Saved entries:
========

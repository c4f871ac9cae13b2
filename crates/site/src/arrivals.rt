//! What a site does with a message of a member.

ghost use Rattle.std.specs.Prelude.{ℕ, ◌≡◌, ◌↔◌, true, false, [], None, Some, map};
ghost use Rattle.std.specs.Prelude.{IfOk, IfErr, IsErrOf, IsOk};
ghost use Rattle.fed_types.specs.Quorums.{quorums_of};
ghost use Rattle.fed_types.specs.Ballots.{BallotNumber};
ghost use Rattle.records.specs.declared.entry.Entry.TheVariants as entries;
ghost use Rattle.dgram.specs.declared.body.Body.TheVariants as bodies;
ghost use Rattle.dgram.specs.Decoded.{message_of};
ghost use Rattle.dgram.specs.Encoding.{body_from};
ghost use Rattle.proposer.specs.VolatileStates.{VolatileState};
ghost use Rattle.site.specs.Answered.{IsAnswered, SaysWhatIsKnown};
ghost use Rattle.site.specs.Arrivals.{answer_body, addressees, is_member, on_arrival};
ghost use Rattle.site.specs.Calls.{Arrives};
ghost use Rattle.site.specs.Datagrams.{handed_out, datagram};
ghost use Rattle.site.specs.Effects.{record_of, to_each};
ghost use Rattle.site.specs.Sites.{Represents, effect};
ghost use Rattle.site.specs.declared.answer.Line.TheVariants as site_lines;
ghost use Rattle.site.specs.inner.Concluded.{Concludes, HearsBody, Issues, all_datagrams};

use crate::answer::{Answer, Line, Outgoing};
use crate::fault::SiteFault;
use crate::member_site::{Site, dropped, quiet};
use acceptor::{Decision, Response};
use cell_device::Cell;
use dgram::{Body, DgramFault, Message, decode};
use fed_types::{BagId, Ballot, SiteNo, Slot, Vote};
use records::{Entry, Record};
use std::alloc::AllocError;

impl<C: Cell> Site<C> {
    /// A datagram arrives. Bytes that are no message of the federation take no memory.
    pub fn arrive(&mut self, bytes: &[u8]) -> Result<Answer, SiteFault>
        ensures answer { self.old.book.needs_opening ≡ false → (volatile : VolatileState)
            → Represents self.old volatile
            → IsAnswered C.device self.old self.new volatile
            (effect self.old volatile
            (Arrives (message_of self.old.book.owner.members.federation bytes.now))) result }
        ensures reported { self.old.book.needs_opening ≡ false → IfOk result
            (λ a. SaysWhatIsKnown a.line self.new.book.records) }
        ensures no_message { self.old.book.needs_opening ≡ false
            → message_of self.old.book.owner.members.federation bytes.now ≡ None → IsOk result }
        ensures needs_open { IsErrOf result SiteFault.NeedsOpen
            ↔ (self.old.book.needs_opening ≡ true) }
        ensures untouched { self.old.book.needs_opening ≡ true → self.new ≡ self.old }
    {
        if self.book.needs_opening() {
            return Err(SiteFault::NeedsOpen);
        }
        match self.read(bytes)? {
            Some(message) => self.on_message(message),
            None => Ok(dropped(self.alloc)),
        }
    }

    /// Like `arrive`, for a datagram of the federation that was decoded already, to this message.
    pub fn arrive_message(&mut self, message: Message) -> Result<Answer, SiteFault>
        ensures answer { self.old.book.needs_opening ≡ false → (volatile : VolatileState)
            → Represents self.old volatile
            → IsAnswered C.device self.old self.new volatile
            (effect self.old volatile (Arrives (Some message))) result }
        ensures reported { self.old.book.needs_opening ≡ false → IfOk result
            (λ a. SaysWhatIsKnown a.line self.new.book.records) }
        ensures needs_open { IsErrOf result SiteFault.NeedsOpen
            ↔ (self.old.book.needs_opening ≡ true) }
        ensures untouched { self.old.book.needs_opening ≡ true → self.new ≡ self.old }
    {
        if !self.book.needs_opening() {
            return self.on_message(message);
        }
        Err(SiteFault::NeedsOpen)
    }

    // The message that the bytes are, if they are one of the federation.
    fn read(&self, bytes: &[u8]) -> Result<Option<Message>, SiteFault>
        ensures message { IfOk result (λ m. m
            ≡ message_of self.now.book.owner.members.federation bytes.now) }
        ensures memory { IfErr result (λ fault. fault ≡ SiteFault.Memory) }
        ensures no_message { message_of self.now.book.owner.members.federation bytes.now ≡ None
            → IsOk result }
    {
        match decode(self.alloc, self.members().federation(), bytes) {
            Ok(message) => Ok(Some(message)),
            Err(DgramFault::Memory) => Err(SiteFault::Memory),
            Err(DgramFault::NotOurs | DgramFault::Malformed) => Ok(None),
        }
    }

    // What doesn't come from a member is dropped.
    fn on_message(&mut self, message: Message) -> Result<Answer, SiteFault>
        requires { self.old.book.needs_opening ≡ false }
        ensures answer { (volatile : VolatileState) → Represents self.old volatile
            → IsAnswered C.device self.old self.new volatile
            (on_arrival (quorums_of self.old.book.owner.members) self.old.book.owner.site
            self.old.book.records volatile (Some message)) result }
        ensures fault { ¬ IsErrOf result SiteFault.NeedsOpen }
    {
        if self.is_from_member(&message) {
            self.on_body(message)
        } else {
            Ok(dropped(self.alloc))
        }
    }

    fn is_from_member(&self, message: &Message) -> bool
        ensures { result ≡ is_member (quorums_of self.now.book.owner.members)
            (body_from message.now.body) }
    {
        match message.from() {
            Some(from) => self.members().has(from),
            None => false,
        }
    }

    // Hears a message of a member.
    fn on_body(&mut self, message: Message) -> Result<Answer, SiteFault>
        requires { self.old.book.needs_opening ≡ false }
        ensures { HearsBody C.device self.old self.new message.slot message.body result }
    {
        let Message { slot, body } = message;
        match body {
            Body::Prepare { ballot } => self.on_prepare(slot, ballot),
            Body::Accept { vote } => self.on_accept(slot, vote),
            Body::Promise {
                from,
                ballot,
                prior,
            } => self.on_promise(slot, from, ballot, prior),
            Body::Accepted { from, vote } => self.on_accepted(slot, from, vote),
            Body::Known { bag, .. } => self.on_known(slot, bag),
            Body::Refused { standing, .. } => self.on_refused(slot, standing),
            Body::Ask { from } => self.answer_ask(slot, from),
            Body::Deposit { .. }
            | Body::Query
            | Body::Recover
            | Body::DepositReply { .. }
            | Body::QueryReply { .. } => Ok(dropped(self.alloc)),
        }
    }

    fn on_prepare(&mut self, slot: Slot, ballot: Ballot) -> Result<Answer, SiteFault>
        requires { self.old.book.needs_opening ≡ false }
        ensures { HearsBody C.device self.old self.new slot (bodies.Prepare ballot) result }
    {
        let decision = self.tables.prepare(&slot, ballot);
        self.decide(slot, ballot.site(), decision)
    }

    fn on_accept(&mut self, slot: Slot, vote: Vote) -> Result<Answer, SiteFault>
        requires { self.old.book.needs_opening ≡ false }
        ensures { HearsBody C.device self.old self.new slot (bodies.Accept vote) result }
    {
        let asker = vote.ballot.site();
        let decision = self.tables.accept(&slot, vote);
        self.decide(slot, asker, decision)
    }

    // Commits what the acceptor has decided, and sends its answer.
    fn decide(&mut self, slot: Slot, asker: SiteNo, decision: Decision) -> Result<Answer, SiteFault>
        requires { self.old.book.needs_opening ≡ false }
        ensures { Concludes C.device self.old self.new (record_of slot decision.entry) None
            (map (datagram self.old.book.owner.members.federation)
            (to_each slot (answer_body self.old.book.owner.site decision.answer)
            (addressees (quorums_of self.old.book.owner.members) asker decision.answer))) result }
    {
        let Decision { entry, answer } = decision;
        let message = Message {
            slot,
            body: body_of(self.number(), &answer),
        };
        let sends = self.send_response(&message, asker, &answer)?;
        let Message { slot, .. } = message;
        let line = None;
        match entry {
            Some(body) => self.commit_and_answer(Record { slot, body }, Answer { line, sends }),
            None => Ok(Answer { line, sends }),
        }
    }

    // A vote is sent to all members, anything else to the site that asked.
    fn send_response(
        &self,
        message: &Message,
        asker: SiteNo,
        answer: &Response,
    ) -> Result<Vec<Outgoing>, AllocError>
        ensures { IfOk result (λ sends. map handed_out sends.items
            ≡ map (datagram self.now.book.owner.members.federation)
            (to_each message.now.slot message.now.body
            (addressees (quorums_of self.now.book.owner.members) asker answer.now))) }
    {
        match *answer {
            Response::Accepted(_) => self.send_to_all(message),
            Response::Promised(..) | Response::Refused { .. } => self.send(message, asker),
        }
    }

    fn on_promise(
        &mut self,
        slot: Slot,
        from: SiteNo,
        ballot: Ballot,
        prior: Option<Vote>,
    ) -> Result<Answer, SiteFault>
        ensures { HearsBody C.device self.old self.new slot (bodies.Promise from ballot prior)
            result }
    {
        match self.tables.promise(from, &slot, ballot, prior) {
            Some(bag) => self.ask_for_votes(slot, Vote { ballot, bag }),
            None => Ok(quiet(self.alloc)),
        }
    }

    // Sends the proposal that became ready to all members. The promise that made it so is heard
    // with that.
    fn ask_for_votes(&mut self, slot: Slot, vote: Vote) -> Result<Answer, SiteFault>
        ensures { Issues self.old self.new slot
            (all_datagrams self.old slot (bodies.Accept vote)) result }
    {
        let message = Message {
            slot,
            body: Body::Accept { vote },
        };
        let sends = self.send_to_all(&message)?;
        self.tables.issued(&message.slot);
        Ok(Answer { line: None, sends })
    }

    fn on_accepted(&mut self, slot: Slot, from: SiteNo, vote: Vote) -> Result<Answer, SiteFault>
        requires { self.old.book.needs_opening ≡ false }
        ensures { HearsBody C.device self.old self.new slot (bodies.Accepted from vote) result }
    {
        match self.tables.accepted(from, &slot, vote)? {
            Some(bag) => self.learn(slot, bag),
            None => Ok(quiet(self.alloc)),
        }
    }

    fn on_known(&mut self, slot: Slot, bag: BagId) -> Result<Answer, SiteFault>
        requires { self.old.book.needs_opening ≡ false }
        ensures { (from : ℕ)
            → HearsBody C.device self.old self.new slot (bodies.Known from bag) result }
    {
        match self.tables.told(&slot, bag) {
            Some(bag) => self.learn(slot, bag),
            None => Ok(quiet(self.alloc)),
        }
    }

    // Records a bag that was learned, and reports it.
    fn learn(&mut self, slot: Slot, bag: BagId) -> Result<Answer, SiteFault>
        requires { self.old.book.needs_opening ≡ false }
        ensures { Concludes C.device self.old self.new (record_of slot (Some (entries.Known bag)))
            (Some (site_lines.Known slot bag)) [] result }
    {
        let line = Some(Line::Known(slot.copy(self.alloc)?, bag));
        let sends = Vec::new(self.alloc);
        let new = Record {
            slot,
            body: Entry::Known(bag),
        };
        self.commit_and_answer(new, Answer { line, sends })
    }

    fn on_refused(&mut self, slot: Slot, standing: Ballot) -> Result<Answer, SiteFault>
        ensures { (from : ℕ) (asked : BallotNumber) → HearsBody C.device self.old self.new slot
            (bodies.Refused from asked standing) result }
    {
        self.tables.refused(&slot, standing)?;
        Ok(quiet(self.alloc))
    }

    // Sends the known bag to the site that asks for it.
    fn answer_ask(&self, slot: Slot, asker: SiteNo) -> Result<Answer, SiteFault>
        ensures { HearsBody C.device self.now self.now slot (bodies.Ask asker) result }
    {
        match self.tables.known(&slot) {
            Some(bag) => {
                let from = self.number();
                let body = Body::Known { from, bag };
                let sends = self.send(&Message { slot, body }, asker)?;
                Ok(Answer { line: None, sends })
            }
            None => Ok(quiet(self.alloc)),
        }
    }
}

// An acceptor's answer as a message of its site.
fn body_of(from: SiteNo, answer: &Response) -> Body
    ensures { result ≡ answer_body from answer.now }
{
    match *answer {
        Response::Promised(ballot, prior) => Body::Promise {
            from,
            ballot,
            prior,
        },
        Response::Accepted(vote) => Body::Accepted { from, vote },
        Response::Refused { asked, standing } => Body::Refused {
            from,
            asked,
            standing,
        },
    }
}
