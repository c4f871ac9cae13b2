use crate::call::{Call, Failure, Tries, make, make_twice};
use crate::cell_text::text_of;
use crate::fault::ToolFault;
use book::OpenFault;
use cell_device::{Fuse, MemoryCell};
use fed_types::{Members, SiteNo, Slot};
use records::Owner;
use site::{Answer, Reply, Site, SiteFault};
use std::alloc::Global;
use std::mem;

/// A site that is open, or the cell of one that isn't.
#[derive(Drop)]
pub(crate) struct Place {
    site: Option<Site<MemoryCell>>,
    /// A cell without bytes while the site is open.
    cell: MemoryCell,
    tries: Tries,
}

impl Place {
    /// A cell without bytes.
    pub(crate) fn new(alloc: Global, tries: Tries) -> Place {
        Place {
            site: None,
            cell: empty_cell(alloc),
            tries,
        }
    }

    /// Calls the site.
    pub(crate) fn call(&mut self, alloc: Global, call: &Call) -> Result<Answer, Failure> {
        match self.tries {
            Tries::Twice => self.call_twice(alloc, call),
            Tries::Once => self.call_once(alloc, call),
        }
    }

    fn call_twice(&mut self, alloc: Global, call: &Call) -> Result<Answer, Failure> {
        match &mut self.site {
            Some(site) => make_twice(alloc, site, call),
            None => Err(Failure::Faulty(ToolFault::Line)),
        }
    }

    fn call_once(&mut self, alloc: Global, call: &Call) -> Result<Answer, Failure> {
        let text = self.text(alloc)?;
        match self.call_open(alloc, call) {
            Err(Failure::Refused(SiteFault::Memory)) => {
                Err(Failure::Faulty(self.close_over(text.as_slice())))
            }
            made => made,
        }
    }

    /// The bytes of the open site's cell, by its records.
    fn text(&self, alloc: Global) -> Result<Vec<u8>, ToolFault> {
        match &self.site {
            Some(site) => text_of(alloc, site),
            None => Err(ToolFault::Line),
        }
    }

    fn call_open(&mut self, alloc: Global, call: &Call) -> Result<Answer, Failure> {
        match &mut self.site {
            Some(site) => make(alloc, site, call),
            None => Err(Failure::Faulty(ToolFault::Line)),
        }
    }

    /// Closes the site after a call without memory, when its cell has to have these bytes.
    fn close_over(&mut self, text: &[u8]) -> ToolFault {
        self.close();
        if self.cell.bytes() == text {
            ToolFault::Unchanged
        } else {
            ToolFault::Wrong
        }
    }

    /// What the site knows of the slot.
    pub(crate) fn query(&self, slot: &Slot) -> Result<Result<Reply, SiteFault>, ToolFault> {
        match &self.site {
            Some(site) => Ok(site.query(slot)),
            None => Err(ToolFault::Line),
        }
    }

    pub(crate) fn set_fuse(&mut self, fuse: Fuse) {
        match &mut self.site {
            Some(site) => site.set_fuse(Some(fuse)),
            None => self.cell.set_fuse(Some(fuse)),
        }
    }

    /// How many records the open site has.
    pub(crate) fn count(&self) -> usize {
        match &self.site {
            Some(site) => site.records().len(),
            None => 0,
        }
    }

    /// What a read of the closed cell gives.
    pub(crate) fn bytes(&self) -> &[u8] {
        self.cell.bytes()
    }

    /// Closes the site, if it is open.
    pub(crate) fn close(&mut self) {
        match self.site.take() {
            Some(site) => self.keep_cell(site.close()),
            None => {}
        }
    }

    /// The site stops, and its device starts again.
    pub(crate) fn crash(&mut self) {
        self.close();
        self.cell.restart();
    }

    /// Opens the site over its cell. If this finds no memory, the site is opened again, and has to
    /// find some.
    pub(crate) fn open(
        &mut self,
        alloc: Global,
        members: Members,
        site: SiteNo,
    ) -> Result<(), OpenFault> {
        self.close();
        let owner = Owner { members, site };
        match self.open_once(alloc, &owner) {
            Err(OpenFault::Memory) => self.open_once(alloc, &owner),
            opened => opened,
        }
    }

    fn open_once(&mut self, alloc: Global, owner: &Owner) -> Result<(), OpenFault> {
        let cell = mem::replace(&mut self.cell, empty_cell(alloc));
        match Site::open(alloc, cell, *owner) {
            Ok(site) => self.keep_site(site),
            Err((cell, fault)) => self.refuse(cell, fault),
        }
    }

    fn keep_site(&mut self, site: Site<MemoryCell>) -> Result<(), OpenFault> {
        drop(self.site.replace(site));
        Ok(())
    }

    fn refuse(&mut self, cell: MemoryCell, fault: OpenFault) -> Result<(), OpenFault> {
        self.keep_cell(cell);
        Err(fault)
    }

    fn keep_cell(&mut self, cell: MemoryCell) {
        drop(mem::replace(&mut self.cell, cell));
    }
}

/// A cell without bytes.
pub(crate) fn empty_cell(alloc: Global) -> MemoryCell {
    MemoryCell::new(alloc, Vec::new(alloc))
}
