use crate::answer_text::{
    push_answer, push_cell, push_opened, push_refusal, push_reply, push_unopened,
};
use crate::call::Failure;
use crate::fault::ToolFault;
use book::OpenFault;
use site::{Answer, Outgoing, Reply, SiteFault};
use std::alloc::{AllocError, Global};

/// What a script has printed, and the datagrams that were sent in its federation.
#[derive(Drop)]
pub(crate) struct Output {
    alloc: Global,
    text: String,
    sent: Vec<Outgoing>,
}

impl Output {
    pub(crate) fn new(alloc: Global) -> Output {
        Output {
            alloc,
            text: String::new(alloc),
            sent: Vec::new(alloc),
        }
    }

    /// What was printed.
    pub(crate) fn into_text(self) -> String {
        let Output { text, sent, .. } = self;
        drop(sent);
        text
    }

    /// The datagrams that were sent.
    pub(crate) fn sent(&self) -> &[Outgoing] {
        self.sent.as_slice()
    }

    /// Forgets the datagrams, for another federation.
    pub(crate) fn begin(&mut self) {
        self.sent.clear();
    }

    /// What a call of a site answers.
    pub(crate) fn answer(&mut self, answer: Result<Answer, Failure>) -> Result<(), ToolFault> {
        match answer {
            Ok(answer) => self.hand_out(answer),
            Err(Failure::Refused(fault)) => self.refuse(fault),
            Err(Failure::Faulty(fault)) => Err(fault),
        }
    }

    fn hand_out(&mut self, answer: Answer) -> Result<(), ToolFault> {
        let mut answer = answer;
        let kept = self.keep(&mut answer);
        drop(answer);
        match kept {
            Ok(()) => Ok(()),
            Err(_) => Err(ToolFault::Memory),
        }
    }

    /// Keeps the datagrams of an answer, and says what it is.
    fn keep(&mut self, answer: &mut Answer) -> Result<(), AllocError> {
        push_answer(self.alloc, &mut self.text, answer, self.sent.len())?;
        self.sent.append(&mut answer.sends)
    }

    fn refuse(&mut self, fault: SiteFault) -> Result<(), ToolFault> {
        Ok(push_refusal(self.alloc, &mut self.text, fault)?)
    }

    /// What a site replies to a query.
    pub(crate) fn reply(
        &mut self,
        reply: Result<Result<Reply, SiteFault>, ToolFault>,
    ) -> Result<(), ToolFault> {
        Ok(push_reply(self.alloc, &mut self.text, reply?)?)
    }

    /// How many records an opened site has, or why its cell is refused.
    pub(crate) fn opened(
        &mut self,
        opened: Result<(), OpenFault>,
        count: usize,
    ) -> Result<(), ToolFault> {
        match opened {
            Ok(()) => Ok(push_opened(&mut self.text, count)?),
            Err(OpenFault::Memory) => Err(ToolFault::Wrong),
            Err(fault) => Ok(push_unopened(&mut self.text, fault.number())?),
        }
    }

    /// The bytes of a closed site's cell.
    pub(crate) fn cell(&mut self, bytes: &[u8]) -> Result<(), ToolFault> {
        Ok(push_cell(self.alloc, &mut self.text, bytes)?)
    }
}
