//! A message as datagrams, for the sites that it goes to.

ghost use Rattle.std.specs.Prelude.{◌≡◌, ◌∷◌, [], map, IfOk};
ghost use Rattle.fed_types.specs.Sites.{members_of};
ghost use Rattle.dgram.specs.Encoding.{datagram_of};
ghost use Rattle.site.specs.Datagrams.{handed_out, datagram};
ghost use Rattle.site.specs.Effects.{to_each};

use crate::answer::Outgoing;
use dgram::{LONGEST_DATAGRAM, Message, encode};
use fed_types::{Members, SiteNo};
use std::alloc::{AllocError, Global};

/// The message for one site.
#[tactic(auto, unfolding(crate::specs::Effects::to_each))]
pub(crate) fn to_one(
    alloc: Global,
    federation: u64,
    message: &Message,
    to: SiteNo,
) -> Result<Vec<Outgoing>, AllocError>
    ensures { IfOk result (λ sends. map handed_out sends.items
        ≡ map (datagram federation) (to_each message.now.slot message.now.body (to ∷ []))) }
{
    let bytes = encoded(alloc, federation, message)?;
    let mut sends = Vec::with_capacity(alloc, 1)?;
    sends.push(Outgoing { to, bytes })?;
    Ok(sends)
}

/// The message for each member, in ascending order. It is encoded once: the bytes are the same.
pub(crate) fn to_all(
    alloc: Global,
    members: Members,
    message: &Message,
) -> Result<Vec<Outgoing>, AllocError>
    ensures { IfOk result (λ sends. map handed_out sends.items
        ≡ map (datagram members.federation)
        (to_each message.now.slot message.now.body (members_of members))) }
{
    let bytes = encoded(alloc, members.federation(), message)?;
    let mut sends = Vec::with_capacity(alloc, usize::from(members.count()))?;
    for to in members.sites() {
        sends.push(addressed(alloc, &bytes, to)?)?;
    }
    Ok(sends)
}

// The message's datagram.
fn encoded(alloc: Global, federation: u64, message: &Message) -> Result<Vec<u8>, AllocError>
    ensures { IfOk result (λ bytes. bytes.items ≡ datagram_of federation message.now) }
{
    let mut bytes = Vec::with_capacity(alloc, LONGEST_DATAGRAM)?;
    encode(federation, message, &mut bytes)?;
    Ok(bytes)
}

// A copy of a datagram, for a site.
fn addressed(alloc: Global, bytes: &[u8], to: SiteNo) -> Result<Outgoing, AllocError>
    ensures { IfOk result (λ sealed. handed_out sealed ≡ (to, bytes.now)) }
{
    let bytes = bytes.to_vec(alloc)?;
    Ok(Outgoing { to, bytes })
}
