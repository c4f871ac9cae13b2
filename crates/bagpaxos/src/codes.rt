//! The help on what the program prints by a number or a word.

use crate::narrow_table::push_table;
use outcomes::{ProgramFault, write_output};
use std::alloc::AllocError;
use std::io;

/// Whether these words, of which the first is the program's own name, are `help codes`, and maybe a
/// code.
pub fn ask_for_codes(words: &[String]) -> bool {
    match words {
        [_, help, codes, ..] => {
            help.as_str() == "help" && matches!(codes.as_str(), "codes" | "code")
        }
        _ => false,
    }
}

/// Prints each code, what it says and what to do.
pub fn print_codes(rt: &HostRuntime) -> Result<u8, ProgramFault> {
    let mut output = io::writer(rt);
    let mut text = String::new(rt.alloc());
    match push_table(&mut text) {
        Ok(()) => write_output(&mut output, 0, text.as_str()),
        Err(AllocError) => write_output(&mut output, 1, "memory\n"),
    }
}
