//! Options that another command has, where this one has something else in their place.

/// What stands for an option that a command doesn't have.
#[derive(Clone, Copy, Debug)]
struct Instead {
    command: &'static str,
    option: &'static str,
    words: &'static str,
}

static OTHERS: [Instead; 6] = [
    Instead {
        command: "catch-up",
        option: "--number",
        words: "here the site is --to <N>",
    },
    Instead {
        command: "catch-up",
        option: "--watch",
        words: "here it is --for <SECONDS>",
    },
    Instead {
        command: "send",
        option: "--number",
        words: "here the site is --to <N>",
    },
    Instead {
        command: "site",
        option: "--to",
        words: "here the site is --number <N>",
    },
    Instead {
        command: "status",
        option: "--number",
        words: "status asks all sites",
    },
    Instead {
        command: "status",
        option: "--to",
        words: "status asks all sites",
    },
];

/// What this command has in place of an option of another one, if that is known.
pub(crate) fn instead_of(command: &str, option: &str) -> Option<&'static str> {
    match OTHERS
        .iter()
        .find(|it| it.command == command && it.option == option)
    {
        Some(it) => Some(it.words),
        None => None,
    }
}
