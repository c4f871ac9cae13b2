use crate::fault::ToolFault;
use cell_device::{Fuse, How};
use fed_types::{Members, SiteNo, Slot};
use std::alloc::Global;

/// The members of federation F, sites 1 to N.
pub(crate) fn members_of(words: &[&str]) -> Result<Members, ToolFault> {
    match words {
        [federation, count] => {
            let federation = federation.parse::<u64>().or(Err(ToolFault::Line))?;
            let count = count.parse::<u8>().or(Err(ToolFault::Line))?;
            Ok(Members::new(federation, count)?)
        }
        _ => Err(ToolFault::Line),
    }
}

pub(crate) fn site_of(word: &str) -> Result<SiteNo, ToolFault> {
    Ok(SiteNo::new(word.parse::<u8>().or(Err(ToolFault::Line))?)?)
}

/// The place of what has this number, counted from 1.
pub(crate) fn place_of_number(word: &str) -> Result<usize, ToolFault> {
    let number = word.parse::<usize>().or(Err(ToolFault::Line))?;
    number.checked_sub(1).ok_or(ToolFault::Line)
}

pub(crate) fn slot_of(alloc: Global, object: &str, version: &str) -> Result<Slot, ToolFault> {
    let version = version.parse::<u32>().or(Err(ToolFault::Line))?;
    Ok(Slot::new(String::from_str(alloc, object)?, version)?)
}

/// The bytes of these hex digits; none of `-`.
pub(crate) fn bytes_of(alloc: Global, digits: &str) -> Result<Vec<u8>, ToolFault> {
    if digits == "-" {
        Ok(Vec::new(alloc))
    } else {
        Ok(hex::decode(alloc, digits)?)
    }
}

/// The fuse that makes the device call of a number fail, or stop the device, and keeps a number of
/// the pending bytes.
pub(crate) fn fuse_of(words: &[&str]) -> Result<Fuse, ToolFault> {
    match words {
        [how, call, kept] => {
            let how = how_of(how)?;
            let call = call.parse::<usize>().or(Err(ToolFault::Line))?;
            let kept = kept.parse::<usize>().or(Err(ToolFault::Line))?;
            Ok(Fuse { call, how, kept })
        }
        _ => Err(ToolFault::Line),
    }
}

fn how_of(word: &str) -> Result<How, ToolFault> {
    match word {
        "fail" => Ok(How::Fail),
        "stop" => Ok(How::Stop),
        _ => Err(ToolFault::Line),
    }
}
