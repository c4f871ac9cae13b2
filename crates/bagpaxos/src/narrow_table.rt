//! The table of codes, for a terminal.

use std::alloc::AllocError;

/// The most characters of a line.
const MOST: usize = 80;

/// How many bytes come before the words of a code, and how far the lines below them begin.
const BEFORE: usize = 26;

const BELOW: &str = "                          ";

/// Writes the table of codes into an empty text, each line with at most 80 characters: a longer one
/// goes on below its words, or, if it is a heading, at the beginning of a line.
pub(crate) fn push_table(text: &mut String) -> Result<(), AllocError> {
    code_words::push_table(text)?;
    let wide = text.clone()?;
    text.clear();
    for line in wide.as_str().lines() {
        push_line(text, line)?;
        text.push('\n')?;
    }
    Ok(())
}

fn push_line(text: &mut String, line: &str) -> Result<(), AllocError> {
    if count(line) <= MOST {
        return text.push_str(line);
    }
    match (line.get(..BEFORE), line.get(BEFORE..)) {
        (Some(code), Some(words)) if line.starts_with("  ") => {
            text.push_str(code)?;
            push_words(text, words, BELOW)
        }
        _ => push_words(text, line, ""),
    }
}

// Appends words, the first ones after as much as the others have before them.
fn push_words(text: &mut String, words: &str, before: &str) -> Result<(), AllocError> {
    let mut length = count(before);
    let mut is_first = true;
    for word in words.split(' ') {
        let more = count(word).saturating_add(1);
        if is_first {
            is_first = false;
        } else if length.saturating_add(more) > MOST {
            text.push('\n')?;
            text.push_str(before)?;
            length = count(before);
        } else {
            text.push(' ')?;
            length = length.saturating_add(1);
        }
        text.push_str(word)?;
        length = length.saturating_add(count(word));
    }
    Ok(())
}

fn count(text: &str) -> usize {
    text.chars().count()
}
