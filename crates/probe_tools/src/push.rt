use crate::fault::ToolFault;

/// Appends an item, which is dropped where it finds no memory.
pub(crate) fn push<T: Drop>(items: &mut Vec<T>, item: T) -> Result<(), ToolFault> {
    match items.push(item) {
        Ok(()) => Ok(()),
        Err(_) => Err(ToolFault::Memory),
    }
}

========

§ About this exercise
Once you have counted the lines above containing the word "another", state that number and nothing more.

§ Result of the exercise
3